People are always going to tell you that you can’t do something. But if its in you  to put in the blood, sweat, and tears, then go get it.

So why am I writing about this?

I know I definitely go off on tangents when I start writing. But thats alright…this is more of a stream of consciousness blog.

I have never been great at writing analytical papers (until my English teacher in H.S. sat down with me 3 days a week and we worked on harnessing my passion into structured emotion). I am good at feeling. What my heart feels, I know that’s what makes sense to me. I have never been a patient person…ever. If I am not doing well in sports, I am impatient and work as hard as I can to get where I need to be. If I am sorry about something, I want to apologize and make good as soon as I can.

But sometimes, things don’t work that way.

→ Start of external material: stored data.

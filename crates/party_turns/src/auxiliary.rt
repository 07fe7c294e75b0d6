ghost use Rattle.std.specs.Prelude.{◌≡◌, false, true, IfOk, IsSome, IsTrue, OnOk, OnErr, None};
ghost use Rattle.sv_core.specs.Due.{is_service};
ghost use Rattle.sv_events.specs.Work.{act_of};
ghost use Rattle.sv_events.specs.declared.work.Work.TheVariants as work;
ghost use Rattle.sv_rules.specs.Entries.{next_place};
ghost use Rattle.aux_parties.specs.Auxiliaries.{is_auxiliary};
ghost use Rattle.sv_rules.specs.Work.{work_of};
ghost use Rattle.party_turns.specs.Entering.{IsOneIf};
ghost use Rattle.party_turns.specs.Serving.{ComesOn, EndsOn, MakesWork, RunsOn, TookTurn};
ghost use Rattle.party_turns.specs.SoFar.{GrowsBy, HasAnswered, IsIdleIf, IsServed};

use apl_arrays::{Array, Name, WantOfMemory};
use auxiliaries::Replier;
use sv_core::Core;
use sv_events::{Work, act_of};

/// An auxiliary in a run: its party, what answers behind it, and whether memory ran out for it.
#[derive(Drop)]
pub struct Auxiliary<X> {
    party: u32,
    replier: X,
    is_lost: bool,
}

impl<X: Replier> Auxiliary<X> {
    /// An auxiliary that has made no entry.
    pub fn new(party: u32, replier: X) -> Self
        ensures { result ≡ record { party = party; replier = replier; is_lost = false } }
    {
        Auxiliary {
            party,
            replier,
            is_lost: false,
        }
    }

    /// Whether memory ran out for it.
    pub fn is_lost(&self) -> bool
        ensures { result ≡ self.now.is_lost }
    {
        self.is_lost
    }

    /// What answers behind it.
    pub fn into_replier(self) -> X
        ensures { result ≡ self.replier }
    {
        self.replier
    }

    /// Memory ran out for it: it makes no entry any more.
    pub fn give_up(&mut self)
        ensures { self.new ≡ record self.old { is_lost = true } }
    {
        self.is_lost = true;
    }

    /// Its turn: it makes its work, if there is any, and says whether it made an entry. It takes memory for the reply and the
    /// entry; where that runs out, it makes no entry any more.
    #[tactic(auto, using(crate::proofs::Serving::ran_comes, crate::proofs::Serving::ended_comes))]
    pub fn take_turn(&mut self, core: &mut Core) -> bool
        requires { IsTrue (is_auxiliary self.old.party) }
        ensures party { self.new.party ≡ self.old.party }
        ensures one { IsOneIf result self.old.party core.old core.new }
        ensures grows { GrowsBy self.old.party core.old core.new }
        ensures answered { self.new.is_lost ≡ false → (start : X) → HasAnswered X.forgets X.replies start core.old.journal self.old → HasAnswered X.forgets X.replies start core.new.journal self.new }
        ensures turn { self.new.is_lost ≡ false → IsServed self.old.party core.old.journal core.new.journal }
        ensures idle { self.new.is_lost ≡ false → IsIdleIf self.old.party core.old.journal core.new.journal }
        ensures lost { self.old.is_lost ≡ true → (self.new ≡ self.old) × (core.new ≡ core.old) }
        ensures comes { ComesOn X.forgets X.replies X.wants self.old self.new }
    {
        if self.is_lost {
            return false;
        }
        match self.make_work(core) {
            Ok(made) => made,
            Err(_) => {
                self.is_lost = true;
                false
            }
        }
    }

    // Makes its work, if there is any, and says whether there was.
    fn make_work(&mut self, core: &mut Core) -> Result<bool, WantOfMemory>
        requires { IsTrue (is_auxiliary self.old.party) }
        ensures party { self.new.party ≡ self.old.party }
        ensures lost { self.new.is_lost ≡ self.old.is_lost }
        ensures one { IfOk result (λ made. IsOneIf made self.old.party core.old core.new) }
        ensures ok { OnOk result (TookTurn X.forgets X.replies self.old self.new core.old core.new) }
        ensures err { OnErr result (core.new ≡ core.old) }
        ensures runs { OnOk result (RunsOn X.forgets X.replies self.old.replier self.new.replier) }
        ensures ends { EndsOn X.forgets X.replies X.wants self.old.replier self.new.replier }
    {
        match core.work_of(self.party) {
            Work::Idle => Ok(false),
            Work::Control(local) => self.begin(core, local),
            Work::Reply(local) => self.reply(core, local),
            work => self.make(core, work),
        }
    }

    // Sets a control: what answers begins anew with the partner.
    fn begin(&mut self, core: &mut Core, local: Name) -> Result<bool, WantOfMemory>
        requires auxiliary { IsTrue (is_auxiliary self.old.party) }
        requires due { work_of core.old.journal self.old.party ≡ work.Control local }
        ensures party { self.new.party ≡ self.old.party }
        ensures lost { self.new.is_lost ≡ self.old.is_lost }
        ensures one { IfOk result (λ made. IsOneIf made self.old.party core.old core.new) }
        ensures ok { OnOk result (TookTurn X.forgets X.replies self.old self.new core.old core.new) }
        ensures err { OnErr result (core.new ≡ core.old) }
        ensures runs { OnOk result (RunsOn X.forgets X.replies self.old.replier self.new.replier) }
        ensures ends { EndsOn X.forgets X.replies X.wants self.old.replier self.new.replier }
    {
        self.replier.forget(core.customer(self.party));
        self.enter(core, Work::Control(local), None)
    }

    // Replies to the partner's value.
    fn reply(&mut self, core: &mut Core, local: Name) -> Result<bool, WantOfMemory>
        requires auxiliary { IsTrue (is_auxiliary self.old.party) }
        requires due { work_of core.old.journal self.old.party ≡ work.Reply local }
        ensures party { self.new.party ≡ self.old.party }
        ensures lost { self.new.is_lost ≡ self.old.is_lost }
        ensures one { IfOk result (λ made. IsOneIf made self.old.party core.old core.new) }
        ensures ok { OnOk result (TookTurn X.forgets X.replies self.old self.new core.old core.new) }
        ensures err { OnErr result (core.new ≡ core.old) }
        ensures runs { OnOk result (RunsOn X.forgets X.replies self.old.replier self.new.replier) }
        ensures ends { EndsOn X.forgets X.replies X.wants self.old.replier self.new.replier }
    {
        let reply = self
            .replier
            .reply(core.customer(self.party), core.request(self.party))?;
        self.enter(core, Work::Reply(local), Some(reply))
    }

    // Does any other work.
    fn make(&self, core: &mut Core, work: Work) -> Result<bool, WantOfMemory>
        requires auxiliary { IsTrue (is_auxiliary self.now.party) }
        requires due { work_of core.old.journal self.now.party ≡ work }
        requires act { IsSome (act_of work (next_place core.old.journal) None) }
        requires plain { is_service work ≡ false }
        ensures one { IfOk result (λ made. IsOneIf made self.now.party core.old core.new) }
        ensures ok { OnOk result (TookTurn X.forgets X.replies self.now self.now core.old core.new) }
        ensures err { OnErr result (core.new ≡ core.old) }
    {
        self.enter(core, work, None)
    }

    // Enters the act of its work, and says that it did.
    fn enter(&self, core: &mut Core, work: Work, reply: Option<Array>) -> Result<bool, WantOfMemory>
        requires auxiliary { IsTrue (is_auxiliary self.now.party) }
        requires due { work_of core.old.journal self.now.party ≡ work }
        requires act { IsSome (act_of work (next_place core.old.journal) reply) }
        ensures made { IfOk result (λ made. made ≡ true) }
        ensures ok { OnOk result (MakesWork self.now.party reply core.old core.new) }
        ensures err { OnErr result (core.new ≡ core.old) }
    {
        let place = core.journal().len() as u64 + 1;
        match core.step(self.party, act_of(work, place, reply)) {
            Ok(answer) => {
                drop(answer);
                Ok(true)
            }
            Err(_) => Err(WantOfMemory),
        }
    }
}
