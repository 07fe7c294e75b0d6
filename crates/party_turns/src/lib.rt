//! The parties of a run, whatever gives them their turns: a user's turn, an auxiliary's turn, how far each party is, and how a
//! run begins and ends.
#![tactic(auto)]

mod auxiliary;
mod ending;
mod intent;
mod seat;
mod start;

pub use auxiliary::Auxiliary;
pub use ending::{all_have_left, end_of, none_is_lost, take_apart};
pub use intent::{Intent, TurnResult};
pub use seat::UserSeat;
pub use start::{core_of, fill, numbers_of, room_for};
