use sv_events::Answer;

/// What a user does at its next turn.
#[derive(Clone, Copy, Debug, PartialEq, Eq)]
pub enum Intent {
    /// It makes the act of its session.
    Make,
    /// It tries the act again that it waits for.
    TryAgain,
    /// It leaves, since its lines are done.
    Leave,
}

/// What came of a user's turn: whether an entry was made, and the answer that its session is to hear, if there is one.
#[derive(Debug, Drop)]
pub struct TurnResult {
    pub is_entered: bool,
    pub answer: Option<Answer>,
}
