ghost use Rattle.std.specs.Prelude.{◌≡◌, ◌+◌, ◌≤◌, ◌++◌, [], false, All, IfOk, length, map, vec_capacity, vec_len};
ghost use Rattle.bundle_text.specs.User.{plain_user};
ghost use Rattle.sv_core.specs.Core.{ArePeople};
ghost use Rattle.replay_rules.specs.Turns.{newcomer};
ghost use Rattle.session_rules.specs.Run.{Dealings};
ghost use Rattle.party_turns.specs.Participants.{users_of};
ghost use Rattle.party_turns.specs.Sittings.{newly};
ghost use Rattle.party_turns.specs.SoFar.{IsSeated, user_of};

use crate::seat::UserSeat;
use apl_arrays::WantOfMemory;
use apl_io::Shelf;
use apl_session::Session;
use bundle_text::BundleUser;
use std::alloc::Global;
use sv_core::Core;

/// The numbers of these users. It takes memory for them.
pub fn numbers_of(alloc: Global, users: &[BundleUser]) -> Result<Vec<u32>, WantOfMemory>
    ensures { IfOk result (λ numbers. numbers.items ≡ map (λ user. user.number) users.now) }
{
    let mut numbers = Vec::new(alloc);
    for user in users {
        numbers.push(user.number)?;
    }
    Ok(numbers)
}

/// The processor of these users. It takes memory for their numbers and for the room of their leaves.
pub fn core_of(alloc: Global, users: &[BundleUser]) -> Result<Core, WantOfMemory>
    requires people { ArePeople (map (λ user. user.number) users.now) }
    ensures { IfOk result (λ core. core ≡ record { users = map (λ user. user.number) users.now; journal = [] }) }
{
    Core::new(alloc, &numbers_of(alloc, users)?)
}

/// A list of seats that has room for these users. It takes memory for it.
pub fn room_for<K>(alloc: Global, users: &[BundleUser]) -> Result<Vec<UserSeat<K>>, WantOfMemory>
    ensures empty { IfOk result (λ seats. seats.items ≡ []) }
    ensures room { IfOk result (λ seats. length users.now ≤ vec_capacity seats) }
{
    Ok(Vec::with_capacity(alloc, users.len())?)
}

/// A seat for each user, in their order, in a list that has room for them; the k-th user takes the k-th shelf, and the
/// shelves behind these are left.
pub fn fill<K: Shelf>(
    alloc: Global,
    users: Vec<BundleUser>,
    seats: Vec<UserSeat<K>>,
    shelves: &mut Vec<K>,
) -> Vec<UserSeat<K>>
    requires empty { seats.items ≡ [] }
    requires room { vec_len users ≤ vec_capacity seats }
    requires shelves { vec_len users ≤ vec_len shelves.old }
    ensures users { map (λ seat. user_of seat.session) result.items ≡ map plain_user users.items }
    ensures newcomers { (final : Dealings) → users_of final result.items ≡ map (newcomer final) (map plain_user users.items) }
    ensures seated { All (λ seat. IsSeated K.told K.faults [] (newly seat)) result.items }
    ensures here { All (λ seat. seat.is_lost ≡ false) result.items }
    ensures shelves { map (λ seat. seat.session.shelf) result.items ++ shelves.new.items ≡ shelves.old.items }
    ensures room { vec_len result + vec_len shelves.new ≤ vec_capacity shelves.new }
{
    let mut seats = seats;
    for user in users {
        let shelf = shelves.remove(0);
        seats.push_reserved(UserSeat::new(Session::new(alloc, user.number, user.lines, shelf)));
    }
    seats
}
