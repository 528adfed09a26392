// One schedule, or one after another: each is read once to see that it can be run, and once more to run it.
use replay_input::source::{Ended, Reading, Start};
use replay_many::{DONE, Next, REFUSED, UNREADABLE};
use replay_options::Options;
use replay_survey::{Played, Survey, Whole};
use std::fs::File;
use text_output::Text;
use text_system::System;

fn surveyed(system: &System, o: Options, file: &File, from: Start) -> Survey {
    replay_survey::surveyed(
        system,
        file,
        o.many,
        crate::queue::before(o),
        crate::queue::barred(o),
        o.tape,
        from,
    )
}

// Of a schedule that is told in words: what there are none for is said.
fn said_of_words(system: &System, o: Options, s: &Survey) -> u8 {
    let whole = s.refused_whole();
    if o.words && whole.refusal != 0 {
        tape_files::say::refused_schedule(system, whole.refusal, whole.place, 0, 0);
        return REFUSED;
    }
    DONE
}

// Says what is wrong, and answers the status.
fn said(system: &System, o: Options, s: &Survey, file: &File, name: &[u8]) -> u8 {
    if s.reading.ended == Some(Ended::Refused)
        && let Some(p) = s.reading.tape
    {
        tape_files::say::refused_tape(system, p.number, p.byte);
        return REFUSED;
    }
    if s.is_sound(system, file, o.many, name) {
        said_of_words(system, o, s)
    } else {
        UNREADABLE
    }
}

// Read once, and not run.
fn look(system: &System, o: Options, file: &File, name: &[u8], n: Next) -> Next {
    let s = surveyed(system, o, file, n.from);
    let status = said(system, o, &s, file, name);
    if status == DONE {
        Next::after(&s, n.status)
    } else {
        Next::stop(status)
    }
}

fn one(system: &System, o: Options, file: &File, name: &[u8], n: Next, text: &mut Text) -> Next {
    let s = surveyed(system, o, file, n.from);
    let status = said(system, o, &s, file, name);
    if status != DONE {
        return Next::stop(status);
    }
    let begun = Reading::begun(o.tape, n.from, crate::queue::before(o), s.reading.sum_of());
    let whole = s.refused_whole();
    let played = crate::queue::play(system, o, file, begun, whole, text);
    if !replay_input::say::is_read(system, "replay", name, text) {
        return Next::stop(UNREADABLE);
    }
    if played.refused {
        tell_refused(system, o, file, name, begun, whole, &played, text);
    }
    Next::after(&s, replay_many::worse(n.status, played.refused)).unless_lost(text)
}

// What is refused is told on standard error too, behind what was printed so far; of many the lines follow as they come.
fn tell_refused(
    system: &System,
    o: Options,
    file: &File,
    name: &[u8],
    begun: Reading,
    whole: Whole,
    p: &Played,
    text: &mut Text,
) {
    if !o.many {
        text.flush(system);
    }
    if !text.is_lost() {
        let before = crate::queue::before(o);
        replay_refusals::tell(
            system, name, file, o.many, begun, whole, p, before, o.edition,
        );
    }
}

// Of many, each is read before the first is run, so that nothing is written where one cannot be read.
fn look_in(system: &System, o: Options, file: &File, name: &[u8]) -> Next {
    replay_many::each(
        system,
        "replay",
        name,
        file,
        |n| look(system, o, file, name, n),
    )
}

fn run_in(system: &System, o: Options, file: &File, name: &[u8], text: &mut Text) -> Next {
    replay_many::each(
        system,
        "replay",
        name,
        file,
        |n| one(system, o, file, name, n, text),
    )
}

fn run_looked(system: &System, o: Options, file: &File, name: &[u8], text: &mut Text) -> u8 {
    let looked = look_in(system, o, file, name);
    if looked.status != DONE {
        return looked.status;
    }
    let n = run_in(system, o, file, name, text);
    n.written_as_looked(system, "replay", name, &looked, text)
}

pub fn run_all(system: &System, o: Options, file: &File, name: &[u8]) -> u8 {
    let mut room = [0u8; 65536];
    let mut text = Text::new(&mut room);
    if o.many {
        return run_looked(system, o, file, name, &mut text);
    }
    let n = run_in(system, o, file, name, &mut text);
    n.written(system, "replay", &mut text)
}
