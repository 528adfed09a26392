// One machine handed to every function, and one line of what they said.
use bounded_text_faces::{Call, Left};
use bounded_text_words::WORDS;
use text_output::Text;
use text_system::System;

// Worker 0 begins a push, acts, acts with a weak exchange that fails, and takes two of these steps.
const TRIED: [(&str, Call, u64, u64); 5] = [
    (" begin #", Call::Begin, 0, 5),
    (" act #", Call::Act, 8, 0),
    (" lose #", Call::Act, 9, 0),
    (" step 0 #", Call::Step, 0, 5),
    (" step 8 #", Call::Step, 8, 0),
];

// Whether a refused call left the machine; of an accepted one this says nothing.
fn unless_left(text: &mut Text, m: [u64; WORDS], l: Left) {
    if l.refusal != 0 && m != l.words {
        text.text(" CHANGED");
    }
}

fn entries(text: &mut Text, m: [u64; WORDS]) {
    for (form, call, first, second) in TRIED {
        let l = bounded_text_faces::enter(call, m, first, second);
        text.form(form, &[l.refusal]);
        unless_left(text, m, l);
    }
}

fn say_ran(text: &mut Text, form: &str, m: [u64; WORDS], schedule: &[u64]) {
    let l = bounded_text_faces::run(m, schedule);
    text.form(form, &[l.refusal, l.place]);
    unless_left(text, m, l);
}

// REFUSAL, or ok NUMBER
pub fn say_told(text: &mut Text, t: Result<u64, u64>) {
    match t {
        Ok(n) => text.form("ok #", &[n]),
        Err(r) => text.number(r),
    }
}

// The rest, on a buffer of one word, which 77 marks.
fn looks(text: &mut Text, m: [u64; WORDS]) {
    let mut buffer = [77u64];
    let t = bounded_text_faces::contents(m, &mut buffer);
    text.text(" contents ");
    say_told(text, t);
    text.form("/# capacity ", &buffer);
    say_told(text, bounded_text_faces::capacity(m));
}

fn line(system: &System, text: &mut Text, m: [u64; WORDS]) {
    text.text(if bounded_text_faces::broken(m) {
        ": broken,"
    } else {
        ": sound,"
    });
    entries(text, m);
    say_ran(text, " run # at #", m, &[8, 0]);
    say_ran(text, " odd # at #", m, &[8]);
    say_ran(text, " none # at #", m, &[]);
    looks(text, m);
    text.end_line(system);
}

pub fn machine(system: &System, label: &[u8], m: [u64; WORDS]) {
    let mut room = [0u8; 1024];
    let mut text = Text::new(&mut room);
    text.bytes(label);
    line(system, &mut text, m);
}

// By the text of the place at which worker 0 stands.
pub fn place(system: &System, m: [u64; WORDS]) {
    let mut room = [0u8; 1024];
    let mut text = Text::new(&mut room);
    bounded_text_words::text::place(&mut text, 0, m);
    line(system, &mut text, m);
}
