// The queue that the options name: what a schedule of it has before its first number, and how it is run.
use replay_explain::Explained;
use replay_input::source::Reading;
use replay_options::{Options, Queue};
use replay_survey::{Played, Whole};
use std::fs::File;
use text_explain::terminal;
use text_output::Text;
use text_system::System;

// A schedule of the other queues has no capacity; one is put before it, so that all are read alike.
pub fn before(o: Options) -> usize {
    usize::from(o.queue != Queue::Bounded)
}

// The unbounded queue has no force_push: code 1. There are words for it.
pub fn barred(o: Options) -> u64 {
    if o.queue == Queue::Unbounded && !o.words {
        1
    } else {
        16
    }
}

// In plain words.
fn explained(
    system: &System,
    o: Options,
    file: &File,
    begun: Reading,
    whole: Whole,
    text: &mut Text,
) -> Played {
    let how = Explained {
        colours: terminal::has_colours(system),
        follows: if o.follow { Some(o.item) } else { None },
    };
    match o.queue {
        Queue::Bounded => {
            replay_bounded_explain::play::play(system, o, how, file, begun, whole, text)
        }
        Queue::Single => replay_single_explain::play(system, o, how, file, begun, whole, text),
        Queue::Unbounded => replay_unbounded_explain::play(
            system, o, how, file, begun, whole, text,
        ),
    }
}

pub fn play(
    system: &System,
    o: Options,
    file: &File,
    begun: Reading,
    whole: Whole,
    text: &mut Text,
) -> Played {
    if o.words {
        replay_words::tell(system, file, o.many, begun, before(o), text);
        return Played::told(false);
    }
    if o.explain {
        return explained(system, o, file, begun, whole, text);
    }
    match o.queue {
        Queue::Bounded => replay_bounded::play::play(system, o, file, begun, whole, text),
        Queue::Single => replay_single::play::play(system, o, file, begun, whole, text),
        Queue::Unbounded => replay_unbounded::play::play(system, o, file, begun, whole, text),
    }
}
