// One entry or one schedule handed to a machine, after a label.
use bounded_text_faces::{Call, Left};
use bounded_text_words::WORDS;
use text_output::Text;
use text_system::System;

// What stands after an accepted entry, or whether a refused one left the machine
fn outcome(text: &mut Text, worker: u64, before: [u64; WORDS], l: Left) {
    if l.refusal == 0 {
        bounded_text_words::text::standing(text, worker, l.words);
    } else if before == l.words {
        text.text("unchanged");
    } else {
        text.text("CHANGED");
    }
}

// LABEL FUNCTION FIRST SECOND: REFUSAL, and what came of it
pub fn one(system: &System, label: &[u8], call: Call, m: [u64; WORDS], first: u64, second: u64) {
    let mut room = [0u8; 512];
    let mut text = Text::new(&mut room);
    let l = bounded_text_faces::enter(call, m, first, second);
    text.bytes(label);
    text.text(match call {
        Call::Begin => "begin",
        Call::Act => "act",
        Call::Step => "step",
    });
    text.form(" # #: # ", &[first, second, l.refusal]);
    outcome(&mut text, first / 16, m, l);
    text.end_line(system);
}

// contents x y ..., through a buffer that any list fits
fn contents(system: &System, text: &mut Text, m: [u64; WORDS]) {
    let mut items = [0u64; 1024];
    let t = bounded_text_faces::contents(m, &mut items);
    bounded_text_words::text::told(system, text, "contents", &items, t);
}

pub fn slots(system: &System, m: [u64; WORDS]) {
    let mut room = [0u8; 4096];
    let mut text = Text::new(&mut room);
    bounded_text_words::text::slots(system, &mut text, m);
    contents(system, &mut text, m);
    text.flush(system);
}

// LABEL: PLACE REFUSAL h=H t=T m=M w0=S w1=S
fn ran(system: &System, label: &[u8], l: Left) {
    let mut room = [0u8; 512];
    let mut text = Text::new(&mut room);
    text.bytes(label);
    text.text(": ");
    bounded_text_words::text::entry(&mut text, l.place, l.refusal, 0, l.words);
    text.byte(b' ');
    bounded_text_words::text::worker(&mut text, 1, l.words);
    text.end_line(system);
}

pub fn run(system: &System, label: &[u8], m: [u64; WORDS], schedule: &[u64], shows: bool) {
    let l = bounded_text_faces::run(m, schedule);
    ran(system, label, l);
    if shows {
        slots(system, l.words);
    }
}
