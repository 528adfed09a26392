// Runs a schedule, from a file or from standard input, entry by entry, and writes what the machine holds after each.
#![tactic(auto)]

mod many;
mod queue;

use replay_options::Options;
use std::process::ExitCode;
use text_system::System;
use text_system::files::Flow;

// Each answers the status of the program.

// The file that this argument names.
fn run_file(system: &System, o: Options, argument: usize) -> u8 {
    let mut path = [0u8; 4096];
    let n = text_system::arguments::read(system, argument, &mut path);
    if text_system::why(system) != 0 {
        text_system::fail(system, b"replay");
        return replay_many::UNREADABLE;
    }
    match text_system::files::open(system, &path[..n]) {
        Some(file) => run_from(system, o, Flow::Of(file), &path[..n]),
        None => {
            replay_input::say::fail(system, "replay", &path[..n]);
            replay_many::UNREADABLE
        }
    }
}

fn run_from(system: &System, o: Options, from: Flow, name: &[u8]) -> u8 {
    match replay_input::source::kept(system, "replay", from, name) {
        Some(kept) => {
            let status = many::run_all(system, o, &kept, name);
            replay_input::source::release(kept);
            status
        }
        None => replay_many::UNREADABLE,
    }
}

fn told(system: &System, is_whole: bool) -> u8 {
    replay_many::status_of(system, "replay", replay_many::DONE, is_whole)
}

fn run(system: &System, o: Options) -> u8 {
    if o.help {
        return told(system, replay_options::help(system));
    }
    if o.version {
        return told(system, text_options::version(system, "replay"));
    }
    if o.wrong {
        return replay_many::UNREADABLE;
    }
    match o.file {
        Some(argument) => run_file(system, o, argument),
        None => run_from(system, o, Flow::Standard, b"standard input"),
    }
}

fn main(rt: HostRuntime) -> ExitCode {
    let system = text_system::of(rt);
    let o = replay_options::read(&system);
    let starter = replay_input::starter::asking(&system, o.tells_on);
    let status = run(&system, o);
    replay_input::starter::ending(&system, starter, status)
}
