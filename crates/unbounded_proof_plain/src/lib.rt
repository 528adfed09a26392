// Every answer of the unbounded queue is a plain queue's, but for one of is_empty, proved (proofs/). No code.
#![tactic(auto)]
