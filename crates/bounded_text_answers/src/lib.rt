// What the programs share that hand cases to the ring's face: rows of text (text_cases), each of which changes the machine in hand or hands
// it to the face and writes a line.
//
//     = I N ..        the word I of the machine is N (bounded_text_words has the order), and so on
//     w I CODE A B    record I is at a place: its code (bounded_codes) and the words that it holds
//     m C W E         a machine of capacity C, with W workers, of edition E
//     f               of every slot i the stamp i + 1 and the value i + 1000
//     g F S ..        a schedule run
//
//     b, a, s F S     an entry handed to begin, act or step; the machine stays
//     r F S ..        a schedule run; the machine stays
//     R F S ..        a schedule run, and the slots then; the machine goes on from there
//     S F S ..        the same, and the machine stays
//     j I N ..        with these words in it, handed to every function; the machine stays
//     p CODE A B      with worker 0 at this place, handed to every function; the machine stays
//     c N             contents, in a buffer of N words: at most 3, or 1023 to 1025
//     M C W E         a making; the machine stays
//     o               the workers 0, 15 and 16, and the slots
//
// A row of any other letter, as `#`, is passed over.
#![tactic(auto)]

pub mod contents;
pub mod entry;
pub mod judge;
pub mod making;

use bounded_text_faces::Call;
use bounded_text_words::{RECORDS, SLOTS, WORDS};
use text_cases::nth;
use text_system::System;

pub fn set(m: [u64; WORDS], pairs: &[u64]) -> [u64; WORDS] {
    let mut after = m;
    for i in 0..pairs.len() / 2 {
        let at = pairs[2 * i] as usize;
        if at < WORDS {
            after[at] = pairs[2 * i + 1];
        }
    }
    after
}

pub fn stood(m: [u64; WORDS], i: u64, code: u64, first: u64, second: u64) -> [u64; WORDS] {
    let mut after = m;
    if i < 16 {
        let at = RECORDS + 5 * (i as usize);
        after[at] = code;
        after[at + 1] = first;
        after[at + 2] = second;
    }
    after
}

fn filled(m: [u64; WORDS]) -> [u64; WORDS] {
    let mut after = m;
    for i in 0..1024 {
        after[SLOTS + 2 * i] = i as u64 + 1;
        after[SLOTS + 2 * i + 1] = i as u64 + 1000;
    }
    after
}

// The machine after a row.
pub fn after(letter: u8, m: [u64; WORDS], n: &[u64]) -> [u64; WORDS] {
    match letter {
        b'=' => set(m, n),
        b'w' => stood(m, nth(n, 0), nth(n, 1), nth(n, 2), nth(n, 3)),
        b'm' => bounded_text_faces::make(nth(n, 0), nth(n, 1), nth(n, 2)).words,
        b'f' => filled(m),
        b'g' | b'R' => bounded_text_faces::run(m, n).words,
        _ => m,
    }
}

fn tell_more(system: &System, letter: u8, m: [u64; WORDS], n: &[u64], label: &[u8]) {
    match letter {
        b'j' => judge::machine(system, label, set(m, n)),
        b'p' => judge::place(system, stood(m, 0, nth(n, 0), nth(n, 1), nth(n, 2))),
        b'c' => contents::told(system, label, m, nth(n, 0)),
        b'M' => making::make(system, nth(n, 0), nth(n, 1), nth(n, 2)),
        b'o' => making::workers(system, m),
        _ => {}
    }
}

// What a row writes.
fn tell(system: &System, letter: u8, m: [u64; WORDS], n: &[u64], label: &[u8]) {
    match letter {
        b'b' => entry::one(system, label, Call::Begin, m, nth(n, 0), nth(n, 1)),
        b'a' => entry::one(system, label, Call::Act, m, nth(n, 0), nth(n, 1)),
        b's' => entry::one(system, label, Call::Step, m, nth(n, 0), nth(n, 1)),
        b'r' => entry::run(system, label, m, n, false),
        b'R' | b'S' => entry::run(system, label, m, n, true),
        _ => tell_more(system, letter, m, n, label),
    }
}

// One row, by the machine in hand.
fn turn(system: &System, m: &mut [u64; WORDS], cases: &[u8], at: usize) {
    let mut list = [0u64; text_cases::NUMBERS];
    let count = text_cases::numbers(cases, at, &mut list);
    let letter = text_cases::letter(cases, at);
    let n = text_cases::first(&list, count);
    tell(system, letter, *m, n, text_cases::label(cases, at));
    *m = after(letter, *m, n);
}

// Row after row; answers the machine that is then in hand.
pub fn play(system: &System, begin: [u64; WORDS], cases: &[u8]) -> [u64; WORDS] {
    let mut m = begin;
    let mut at = 0;
    for _ in 0..cases.len() {
        if cases.len() <= at {
            break;
        }
        turn(system, &mut m, cases, at);
        at = text_cases::next(cases, at);
    }
    m
}

// The rows on standard input, from a machine of zeros on.
pub fn play_input(system: &System) {
    let mut text = [0u8; 65536];
    let n = text_system::streams::read_full(system, &mut text);
    play(system, [0; WORDS], &text[..n]);
}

Not everything can be solved right away, especially when it comes to peoples feelings. I know for a fact that I wanted to recover as soon as possible, and people wanted me to get better as fast as I could and forget about the hell that I went through, but that process took a long long time. I would be lying if I said I didn’t think about what happened every single day, but writing hundreds of pages and countless talks with people that I love around me, brought me back into the light and made me such a better person than I was last time.

I am going to make more mistakes in my life, I know that to be certain. I am going to feel pain, happiness, love, and every other emotion in the book.

But unlike myself in the past, I am now fueled by love rather than…well, whatever the hell I was fueled by before.

I finish this my looking at my reflection in the computer screen…I’m going to do alright.